I run the **script train.py **

Code:
import torch
import torch.nn as nn
import torch.nn.functional as F
import torch.optim as optim
from torch.utils.data import Dataset, DataLoader, random_split
import numpy as np
import pandas as pd 
import os
import time

from torch.utils.tensorboard import SummaryWriter
from sklearn.metrics import f1_score, accuracy_score
from sklearn.metrics import classification_report
from sklearn.utils import class_weight
import sklearn

from model import lstm, stconv, aagcn, SAM, loss, msg3d
from data.handpose_dataset import HandPoseDatasetNumpy, df_to_numpy
from data.get_data_from_csv import get_train_data, get_val_data
from config import CFG
from utils import training_supervision, adj_mat
from torchsummary import summary

is_cuda = torch.cuda.is_available()

if is_cuda:
    device = torch.device("cuda")
else:
    device = torch.device("cpu")
print(device)

curr_dir = os.path.dirname(__file__)
os.makedirs(f"{curr_dir}/trained_models/{CFG.experiment_name}", exist_ok=True)

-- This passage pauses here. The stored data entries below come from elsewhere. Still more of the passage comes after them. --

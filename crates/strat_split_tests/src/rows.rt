//! Splits of small trees that were worked out by hand.

ghost use Rattle.std.specs.Prelude.{◌≡◌, ◌<◌, ◌≤◌, ◌+◌, length, IfOk};
ghost use Rattle.strat_live.specs.Tallies.{items_counted};

use crate::trees::{Shape, grown, item};
use std::alloc::Global;
use std::process::Abort;
use std::test::Fail;
use strat_base::{NoMemory, Version};
use strat_live::Counts;
use strat_split::parts::{IN_NO_PART, Part, Plan};
use strat_split::plan;
use strat_tree::Tree;

/// Adds so many keys, each with one item at a version.
fn add_keys(counts: &mut Counts, tree: &Tree, v: Version, keys: u32)
    requires fits { v < length counts.old.own }
    requires len { length counts.old.own ≤ length tree.now.parents }
    requires room { items_counted counts.old + keys ≤ 16777216 }
    ensures len { length counts.new.own ≡ length counts.old.own }
    ensures room { items_counted counts.new ≡ items_counted counts.old + keys }
{
    for _ in 0..keys {
        counts.add(&[item(v)], tree);
    }
}

/// The split of the first versions of a star that has some more, of which version 0 has some keys and
/// each child others.
fn star(alloc: Global, horizon: u32, more: u32, top: u32, each: u32) -> Result<Plan, NoMemory>
    requires { (1 ≤ horizon) × (horizon + more ≤ 16384) × (top ≤ 1000) × (each ≤ 1000) }
{
    let tree = grown(alloc, Shape::Star, horizon + more)?;
    let mut counts = Counts::new(alloc, horizon)?;
    add_keys(&mut counts, &tree, 0, top);
    for v in 1..horizon {
        add_keys(&mut counts, &tree, v, each);
    }
    counts.finish(&tree);
    plan(alloc, &tree, &counts, horizon)
}

/// Whether a plan has this part under this number.
fn has_part(plan: &Plan, q: usize, part: Part) -> bool {
    if q >= plan.parts.len() {
        return false;
    }
    let found = plan.parts.get(q);
    found.above == part.above
        && found.leads == part.leads
        && found.entries == part.entries
        && found.least == part.least
}

/// Whether the versions from one up to another are in a part, and no more are split.
fn are_in(plan: &Plan, from: usize, end: usize, part: u32) -> bool {
    for v in from..end {
        if v >= plan.part_of.len() || *plan.part_of.get(v) != part {
            return false;
        }
    }
    true
}

/// A part below version 0.
fn below_zero(leads: u32, entries: u32, least: u32) -> Part {
    Part {
        above: Some(0),
        leads,
        entries,
        least,
    }
}

/// A part below none.
fn top(leads: u32, entries: u32, least: u32) -> Part {
    Part {
        above: None,
        leads,
        entries,
        least,
    }
}

#[test]
fn a_child_with_more_keys_is_a_part(rt: HostRuntime) -> Result<(), Fail> {
    let plan = star(rt.alloc(), 2, 0, 1, 3)?;
    assert!(rt; has_part(&plan, 0, top(1, 1, 1)) && has_part(&plan, 1, below_zero(3, 4, 4)));
    assert!(rt; plan.parts.len() == 2 && are_in(&plan, 0, 1, 0) && are_in(&plan, 1, 2, 1));
    Ok(())
}

#[test]
fn version_0_without_keys_is_in_no_part_below_a_horizon(rt: HostRuntime) -> Result<(), Fail> {
    let plan = star(rt.alloc(), 2, 7, 0, 1)?;
    assert!(rt; plan.parts.len() == 1 && has_part(&plan, 0, below_zero(1, 1, 1)));
    assert!(rt; are_in(&plan, 0, 1, IN_NO_PART) && are_in(&plan, 1, 2, 0));
    assert!(rt; plan.part_of.len() == 2);
    Ok(())
}

/// Whether a thousand children with a key each are in ten parts of a hundred, beside version 0.
fn are_in_tens(plan: &Plan) -> bool {
    for n in 1..11 {
        let from = 100 * n - 99;
        if !has_part(plan, n, below_zero(100, 200, 101))
            || !are_in(plan, from, from + 100, n as u32)
        {
            return false;
        }
    }
    plan.parts.len() == 11 && plan.part_of.len() == 1001
}

#[test]
fn a_thousand_children_are_ten_parts(rt: HostRuntime) -> Result<(), Fail> {
    let plan = star(rt.alloc(), 1001, 0, 100, 1)?;
    assert!(rt; has_part(&plan, 0, top(100, 100, 100)) && are_in(&plan, 0, 1, 0));
    assert!(rt; are_in_tens(&plan));
    Ok(())
}
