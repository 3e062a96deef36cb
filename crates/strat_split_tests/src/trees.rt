//! Trees of several shapes, and items of one key.

ghost use Rattle.std.specs.Prelude.{◌≡◌, ◌<◌, ◌≤◌, length, IfOk};

use std::alloc::Global;
use strat_arena::{Item, Slot};
use strat_base::{NoMemory, Version};
use strat_tree::Tree;

#[derive(Clone, Copy)]
pub enum Shape {
    /// Each version is the child of the one before it.
    Chain,
    /// Each version is a child of version 0.
    Star,
    /// A chain of even versions, each of which has an odd child.
    Comb,
    /// The parent is drawn by a multiplication of the number.
    Mixed,
}

/// The parent of version v in a tree of this shape.
fn parent_in(shape: Shape, v: Version) -> Version
    requires { 1 ≤ v }
    ensures { result < v }
{
    match shape {
        Shape::Chain => v - 1,
        Shape::Star => 0,
        Shape::Comb => (v - 1) - (v - 1) % 2,
        Shape::Mixed => (v.wrapping_mul(2_654_435_761) >> 8) % v,
    }
}

/// A tree of this shape with so many versions.
pub fn grown(alloc: Global, shape: Shape, versions: u32) -> Result<Tree, NoMemory>
    requires { (1 ≤ versions) × (versions ≤ 16384) }
    ensures len { IfOk result (λ t. length t.parents ≡ versions) }
{
    let mut tree = Tree::new(alloc, versions)?;
    for v in 1..versions {
        tree.add_child(parent_in(shape, v));
    }
    Ok(tree)
}

/// An item at a version.
pub fn item(version: Version) -> Item
    ensures { result.version ≡ version }
{
    Item {
        slot: Slot(0),
        version,
        gone: version % 3 == 2,
    }
}
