//! Reading a journal at recovery.

ghost use Rattle.std.specs.Prelude.{◌≡◌, ◌≤◌, ◌<◌, ℕ, ◌+◌, ◌-◌, ◌*◌, ◌++◌, length, map, Ok, Err, IfOk, IsErrOf, IsTrue, ◌↔◌, vec_len};
ghost use Rattle.def_crash.specs.Image.{Image};
ghost use Rattle.def_bytes.specs.Layout as places;
ghost use Rattle.def_crash.specs.Moments.{Exposes, OnlyReads};
ghost use Rattle.def_bytes.specs.SuperBlock.{IsLawful};
ghost use Rattle.strat_base.specs.declared.failures.Trouble.TheVariants.{Damaged, Device};
ghost use Rattle.strat_gate.specs.SuperView.{super_of};
ghost use Rattle.strat_journal.specs.Log.{Restores, RecoversTo, IsStale};
ghost use Rattle.strat_journal.specs.Buffered.{AreOfBoth};
ghost use Rattle.strat_journal.specs.RegionReader.{AreRecords};
ghost use Rattle.def_bytes.specs.Records.{first_records, region_records, records_behind, journal_in_two};
ghost use Rattle.strat_journal.specs.Records.{logged_of};
ghost use Rattle.def_crash.specs.Faults.{HasCause, ReadsAtMost};
ghost use Rattle.def_bytes.specs.Layout.{IsRegion};

use crate::journal::{Journal, Logged};
use crate::region_reader::RegionReader;
use def_bytes::{region_at, region_first};
use std::alloc::Global;
use strat_base::Trouble;
use strat_disk::Disk;
use strat_gate::{SuperBlock, gate_up};

/// Records of a region, and their bytes.
#[derive(Drop)]
pub(crate) struct RegionRecords {
    pub(crate) logged: Vec<Logged>,
    pub(crate) bytes: Vec<u8>,
}

/// The first records of a region, up to its first closed gate or as many as are asked for. Reads each block at most once and
/// none after that gate.
fn read_region<D: Disk>(
    alloc: Global,
    disk: &mut D,
    mem: u32,
    region: u8,
    most: u32,
) -> Result<RegionRecords, Trouble>
    requires fits { IsRegion mem region }
    requires len { most ≤ mem }
    ensures found { IfOk result (λ r. (f : Image) → Exposes (D.view disk.old) f
        → first_records f mem region most ≡ Ok (map logged_of r.logged.items)) }
    ensures kept { IfOk result (λ r. AreRecords r.bytes.items r.logged.items) }
    ensures len { IfOk result (λ r. vec_len r.logged ≤ most) }
    ensures damaged { (b : ℕ) → IsErrOf result (Damaged b) → (f : Image)
        → Exposes (D.view disk.old) f → first_records f mem region most ≡ Err b }
    ensures same { OnlyReads (D.view disk.old) (D.view disk.new) }
    ensures cause { HasCause Device (D.faults disk.old) (D.faults disk.new) result }
    ensures reads { ReadsAtMost (places.region_blocks mem) (D.reads disk.old) (D.reads disk.new) }
{
    let mut reader = RegionReader::new(alloc, mem, region)?;
    let mut logged = Vec::with_capacity(alloc, most as usize)?;
    let mut at = 0;
    for _i in 0..most {
        let Some((record, next)) = reader.next(alloc, disk, at)? else {
            let bytes = reader.into_front(at);
            return Ok(RegionRecords { logged, bytes });
        };
        logged.push(record)?;
        at = next;
    }
    let bytes = reader.into_front(at);
    Ok(RegionRecords { logged, bytes })
}

/// The records of a region behind a full one. `Damaged` names the region's first block where they are as many as it takes
/// less one, or more.
fn read_behind<D: Disk>(
    alloc: Global,
    disk: &mut D,
    mem: u32,
    region: u8,
) -> Result<RegionRecords, Trouble>
    requires fits { (4 ≤ mem) × IsRegion mem region }
    ensures found { IfOk result (λ r. (f : Image) → Exposes (D.view disk.old) f
        → records_behind f mem region ≡ Ok (map logged_of r.logged.items)) }
    ensures kept { IfOk result (λ r. AreRecords r.bytes.items r.logged.items) }
    ensures len { IfOk result (λ r. vec_len r.logged + 2 ≤ mem) }
    ensures damaged { (b : ℕ) → IsErrOf result (Damaged b) → (f : Image)
        → Exposes (D.view disk.old) f → records_behind f mem region ≡ Err b }
    ensures same { OnlyReads (D.view disk.old) (D.view disk.new) }
    ensures cause { HasCause Device (D.faults disk.old) (D.faults disk.new) result }
    ensures reads { ReadsAtMost (places.region_blocks mem) (D.reads disk.old) (D.reads disk.new) }
{
    let records = read_region(alloc, disk, mem, region, mem - 1)?;
    if records.logged.len() >= mem as usize - 1 {
        return Err(Trouble::Damaged {
            block: region_first(mem, region),
        });
    }
    Ok(records)
}

/// What stands behind records of the active region: the other one's, if the active one is full. Else none are read, but
/// whether the other one's first gate is open, where it should not be.
fn read_later<D: Disk>(
    alloc: Global,
    disk: &mut D,
    mem: u32,
    region: u8,
    first: &[Logged],
) -> Result<(RegionRecords, bool), Trouble>
    requires fits { (4 ≤ mem) × IsRegion mem region }
    requires len { length first.now ≤ mem }
    ensures found { IfOk result (λ r. (f : Image) → Exposes (D.view disk.old) f
        → region_records f mem region ≡ Ok (map logged_of first.now)
        → (journal_in_two f mem region
        ≡ Ok (map logged_of first.now ++ map logged_of r.0.logged.items))
        × (IsTrue r.1 ↔ IsStale f mem region (length first.now + length r.0.logged.items))) }
    ensures kept { IfOk result (λ r. AreRecords r.0.bytes.items r.0.logged.items) }
    ensures len { IfOk result (λ r. AreOfBoth mem (length first.now) (length r.0.logged.items)) }
    ensures damaged { (b : ℕ) → IsErrOf result (Damaged b) → (f : Image)
        → Exposes (D.view disk.old) f → region_records f mem region ≡ Ok (map logged_of first.now)
        → journal_in_two f mem region ≡ Err b }
    ensures same { OnlyReads (D.view disk.old) (D.view disk.new) }
    ensures cause { HasCause Device (D.faults disk.old) (D.faults disk.new) result }
    ensures reads { ReadsAtMost (places.region_blocks mem) (D.reads disk.old) (D.reads disk.new)
        × (length first.now < mem → ReadsAtMost 1 (D.reads disk.old) (D.reads disk.new)) }
{
    if first.len() == mem as usize {
        return Ok((read_behind(alloc, disk, mem, 1 - region)?, false));
    }
    let stale = gate_up(disk, region_at(mem, 1 - region))?;
    let none = RegionRecords {
        logged: Vec::new(alloc),
        bytes: Vec::new(alloc),
    };
    Ok((none, stale))
}

impl Journal {
    /// Reads the journal of a superblock, and gives it with its changes in order and the blocks of their
    /// gates. Takes all the memory that later calls need, and writes nothing. Reads each block of the active
    /// region at most once, none after its first closed gate. Where that region is full it reads the other one in the same
    /// way, and else one block of it.
    pub fn read<D: Disk>(
        alloc: Global,
        disk: &mut D,
        sb: &SuperBlock,
    ) -> Result<(Journal, Vec<Logged>), Trouble>
        requires { IsLawful (super_of sb.now) }
        ensures ok { IfOk result (λ r. Restores sb.now.mem sb.now.region r.1.items r.0) }
        ensures found { IfOk result (λ r. (f : Image) → Exposes (D.view disk.old) f
            → RecoversTo f sb.now.mem sb.now.region r.1.items r.0) }
        ensures damaged { (b : ℕ) → IsErrOf result (Damaged b) → (f : Image)
            → Exposes (D.view disk.old) f
            → journal_in_two f sb.now.mem sb.now.region ≡ Err b }
        ensures same { OnlyReads (D.view disk.old) (D.view disk.new) }
        ensures cause { HasCause Device (D.faults disk.old) (D.faults disk.new) result }
        ensures reads { ReadsAtMost (2 * places.region_blocks sb.now.mem)
            (D.reads disk.old) (D.reads disk.new)
            × IfOk result (λ r. length r.1.items < sb.now.mem
            → ReadsAtMost (places.region_blocks sb.now.mem + 1)
            (D.reads disk.old) (D.reads disk.new)) }
    {
        let mut journal = Journal::empty(alloc, sb.mem, sb.region)?;
        let mut first = read_region(alloc, disk, sb.mem, sb.region, sb.mem)?;
        let (mut later, stale) = read_later(alloc, disk, sb.mem, sb.region, &first.logged)?;
        journal.restore(&first, &later);
        journal.set_stale(stale);
        first.logged.append(&mut later.logged)?;
        Ok((journal, first.logged))
    }
}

df_train = get_train_data()
#misspelling on annotation :(
df_train = df_train.replace("Postion", "Position")
df_val = get_val_data()

if CFG.no_release:
    df_train = df_train.replace("Release", "Position")
    df_val = df_val.replace("Release", "Position")
    
print("[INFO] TRAIN DATA DISTRIBUTION")
print(df_train["LABEL"].value_counts())
print("[INFO] VALIDATION DATA DISTRIBUTION")
print(df_val["LABEL"].value_counts())


#Order of One Hot Encoding
#Grasp   Move    Negative    Position    Reach   Release
#0       0       1           0           0       0

if CFG.debug:
    df_train = df_train[:500] # origin 500

def train_func(model, data_loader, criterion, optimizer, scheduler, epoch):
    model.train()
    iters = len(data_loader)
    global_step = epoch*len(data_loader)
    preds = []
    groundtruth = []
    t0 = time.time()
    loss_total = 0
    for i, (inputs, labels) in enumerate(data_loader):
        labels = labels.cpu().long() #cuda
        inputs = inputs.cpu().float()

        last_label = labels[:, -1, :]
        last_label = torch.argmax(last_label, 1)

        model.zero_grad()
        last_out = model(inputs)

        #first forward-backward pass
        loss = criterion(last_out, last_label)
        loss.backward()
        
        if CFG.sam:
            optimizer.first_step(zero_grad=True)#

            # second forward-backward pass
            criterion(model(inputs), last_label).backward()#
            optimizer.second_step(zero_grad=True)#
        else:
            optimizer.step()
        
        current_lr = optimizer.param_groups[0]['lr']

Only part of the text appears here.